Nanoscale Magnetic Domain Memory

TL;DR

This paper reviews the phenomenon of nanoscale magnetic domain memory (MDM), detailing how it occurs in various magnetic materials and conditions, and how it can be controlled through cooling and material coupling techniques.

Contribution

It provides a comprehensive overview of MDM mechanisms, experimental observations, and control methods, highlighting new insights into nanoscale magnetic memory behavior.

Findings

MDM observed in rough Co/Pt multilayers due to defects

Achieving 100% MDM via exchange coupling with antiferromagnetic layers

MDM can be controlled by cooling field adjustments

Abstract

Magnetic domain memory (MDM) is the ability exhibited by certain magnetic materials to reproduce the exact same nanoscale magnetic domain pattern, even after it has been completely erased by an external magnetic field.

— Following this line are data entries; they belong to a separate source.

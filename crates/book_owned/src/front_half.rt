ghost use Rattle.std.specs.Prelude.{◌≡◌, ◌+◌, ◌≤◌, ◌<◌, ◌^◌, [], true, false, length, IfSome, IfNone, MatchBool};
ghost use Rattle.mdf_layout.specs.Record.{SampleFits, encoded_size, cost_of, history_cost, history_size};

use crate::front::{accept, last_mark, reserve, size_behind};
use crate::handing::{finish, hand_over, refusal};
use crate::in_memory::InMemory;
use crate::{Append, Flush, Handed, Mark, Shown, Written};
use mdf_layout::Sample;
use std::marker::Model;
use std::sync::Wait;
use std::thread::Threads;

/// The history, the marks and the view of a book. It has two blocks: one that takes records, and a spare one, which is away
/// while its records are written.
pub struct Front<V: Shown> {
    pub(crate) memory: InMemory<V>,
}

impl<V: Shown> Model for Front<V> {
    ghost use Rattle.book_owned.specs.FrontHalf.{FrontAccount, IsFront, front_account};

    ghost Value = { FrontAccount V };

    ghost view = { λ f. front_account V.Shown f.memory };

    ghost invariant = { λ f. IsFront V.Shown f.memory };
}

impl<V: Shown> Front<V> {
    ghost use Rattle.book_owned.specs.Marks.{last_mark, durable};
    ghost use Rattle.book_owned.specs.Answers.{IsRefusal, accepted_by};
    ghost use Rattle.book_owned.specs.FrontHalf.{IsSteady, FrontRoom, FrontFits, FrontPasses, FrontFitsWith, FrontPassesWith, PutTells, HandTells, IsAwaited, FinishTells, FrontPutEvents, FinishEvents, behind};

    /// Accepts a sample whose records have room in the block. It never answers `DiskFault`.
    #[inline(always)]
    pub fn put(&mut self, sample: Sample) -> Append
        requires fits { SampleFits self.old.terms.layouts sample }
        requires size { encoded_size self.old.terms.layouts sample ≤ self.old.terms.block_limit }
        requires room { FrontFits self.old sample }
        ensures tells { PutTells self.old self.new sample result }
        ensures events { FrontPutEvents V.count self.old self.new sample result }
        ensures steady { IsSteady V.Shown self.new }
    {
        let size = self.size_of(&sample);
        self.put_sized(sample, size)
    }

    /// `put` of a sample whose record has this size, in bytes.
    #[inline(always)]
    pub fn put_sized(&mut self, sample: Sample, size: u64) -> Append
        requires fits { SampleFits self.old.terms.layouts sample }
        requires size_is { size ≡ encoded_size self.old.terms.layouts sample }
        requires size { encoded_size self.old.terms.layouts sample ≤ self.old.terms.block_limit }
        requires room { FrontFits self.old sample }
        ensures tells { PutTells self.old self.new sample result }
        ensures events { FrontPutEvents V.count self.old self.new sample result }
        ensures steady { IsSteady V.Shown self.new }
    {
        if let Some(refused) = refusal(&self.memory, &sample, size) {
            return refused;
        }
        let Ok(()) = reserve(&mut self.memory) else {
            return Append::Memory;
        };
        let place = self.memory.history.len();
        accept(&mut self.memory, sample);
        Append::Accepted { place }
    }

    /// Gives the block of the pending records out, and goes on with the spare one. It takes no memory.
    pub fn hand_over(&mut self) -> Handed
        requires spare { self.old.spare ≡ true }
        ensures tells { HandTells self.old self.new result }
        ensures steady { IsSteady V.Shown self.new }
    {
        hand_over(&mut self.memory)
    }

    /// Takes in what became of the block that was handed over, or `Nothing` where none was. The block is cleared and is the
    /// spare one. A mark is added, and the durable samples are sealed and shown, or the front is stopped. It takes no memory
    /// but for sealing and showing, and where none is found fewer samples are shown.
    pub fn finish<R: Threads + Wait + Sync>(&mut self, rt: &R, written: Written) -> Flush<V::Note>
        requires awaited { IsAwaited self.old written }
        ensures tells { FinishTells V.Shown self.old self.new written result }
        ensures events { FinishEvents V.count self.old self.new written }
        ensures steady { IsSteady V.Shown self.new }
    {
        finish(&mut self.memory, rt, written)
    }

    /// Why a sample whose record has this size, in bytes, would not be accepted, before room for it is looked for: the front
    /// is stopped, or the sample's cost has no room in the session.
    pub fn refusal(&self, sample: &Sample, size: u64) -> Option<Append>
        requires fits { SampleFits self.now.terms.layouts sample.now }
        requires size_is { size ≡ encoded_size self.now.terms.layouts sample.now }
        requires size { encoded_size self.now.terms.layouts sample.now ≤ self.now.terms.block_limit }
        ensures none { IfNone result ((self.now.stopped ≡ false) × FrontRoom self.now sample.now) }
        ensures refused { IfSome result (λ answer. PutTells self.now self.now sample.now answer × (accepted_by answer sample.now ≡ [])) }
        ensures before_memory { IfSome result IsRefusal }
    {
        refusal(&self.memory, sample, size)
    }

    /// Whether the pending records and those of the sample pass the block limit.
    pub fn passes_block(&self, sample: &Sample) -> bool
        requires fits { SampleFits self.now.terms.layouts sample.now }
        requires size { encoded_size self.now.terms.layouts sample.now ≤ self.now.terms.block_limit }
        ensures { MatchBool result (FrontPasses self.now sample.now) (FrontFits self.now sample.now) }
    {
        self.passes_with(self.size_of(sample))
    }

    /// Whether the pending records and so many bytes more pass the block limit.
    pub fn passes_with(&self, size: u64) -> bool
        requires small { size ≤ self.now.terms.block_limit }
        ensures { MatchBool result (FrontPassesWith self.now size) (FrontFitsWith self.now size) }
    {
        let limit = self.memory.block.limit() as u64;
        self.pending() + size > limit
    }

    /// Whether it has its spare block: false just between a block that was handed over and what became of it.
    pub fn spare(&self) -> bool
        ensures is { result ≡ self.now.spare }
        ensures lent { result ≡ false → durable self.now.marks < length self.now.history }
    {
        self.memory.spare.is_some()
    }

    /// How many bytes the record of a sample has.
    pub fn size_of(&self, sample: &Sample) -> u64
        requires { SampleFits self.now.terms.layouts sample.now }
        ensures { result ≡ encoded_size self.now.terms.layouts sample.now }
    {
        self.memory.shapes.encoded_size(sample)
    }

    /// What a sample costs, in bytes.
    pub fn cost_of(&self, sample: &Sample) -> u64
        requires fits { SampleFits self.now.terms.layouts sample.now }
        requires room { cost_of self.now.terms.layouts sample.now < 2 ^ 64 }
        ensures { result ≡ cost_of self.now.terms.layouts sample.now }
    {
        self.memory.shapes.cost_of(sample)
    }

    /// How many bytes the records of the samples behind the last hand-over have.
    pub fn pending(&self) -> u64
        ensures { result ≡ history_size self.now.terms.layouts (behind self.now) }
    {
        if self.memory.stopped {
            return size_behind(&self.memory, self.memory.from);
        }
        self.memory.block.len() as u64
    }

    /// What the history costs, in bytes.
    pub fn held(&self) -> u64
        ensures { result ≡ history_cost self.now.terms.layouts self.now.history }
    {
        self.memory.held
    }

    /// How many bytes of data a block has at most.
    pub fn block_limit(&self) -> u64
        ensures { result ≡ self.now.terms.block_limit }
    {
        self.memory.block.limit() as u64
    }

    /// What the history may cost at most, in bytes.
    pub fn session_limit(&self) -> u64
        ensures { result ≡ self.now.terms.session_limit }
    {
        self.memory.session_limit
    }

    /// The last mark.
    pub fn last_mark(&self) -> Mark
        ensures { result ≡ last_mark self.now.marks }
    {
        last_mark(&self.memory.marks)
    }

    /// How many samples were accepted.
    pub fn history_len(&self) -> u64
        ensures { result ≡ length self.now.history }
    {
        self.memory.history.len()
    }

    /// Whether the book that was split was stopped, or the disk failed since.
    pub fn stopped(&self) -> bool
        ensures stopped { result ≡ self.now.stopped }
        ensures steady { IsSteady V.Shown self.now }
    {
        self.memory.stopped
    }
}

In this chapter, we review the various circumstances under which this unusual phenomenon occurs. We explain how partial MDM was first observed in rough Co/Pt multilayers with perpendicular magnetization as a result of structural defects. We then show how 100 % MDM was achieved, even in smooth ferromagnetic films, by coupling Co/Pd multilayers to an antiferromagnetic IrMn template via exchange interactions. We describe how high MDM, extending through-out nearly the entirety of the magnetization process, is obtained when zero-field-cooling the material below its blocking temperature where exchange couplings occur. We also review the persistence of MDM through field cycling and while warming the material all the way up to the blocking temperature. Additionally, we discuss the spatial dependence of MDM, highlighting intriguing oscillatory behaviors suggesting magnetic correlations and rotational symmetries at the nanoscopic scales. Finally, we review the dependence of MDM on cooling conditions, revealing how MDM can be fully controlled, turned on and off, by adjusting the magnitude of the cooling field.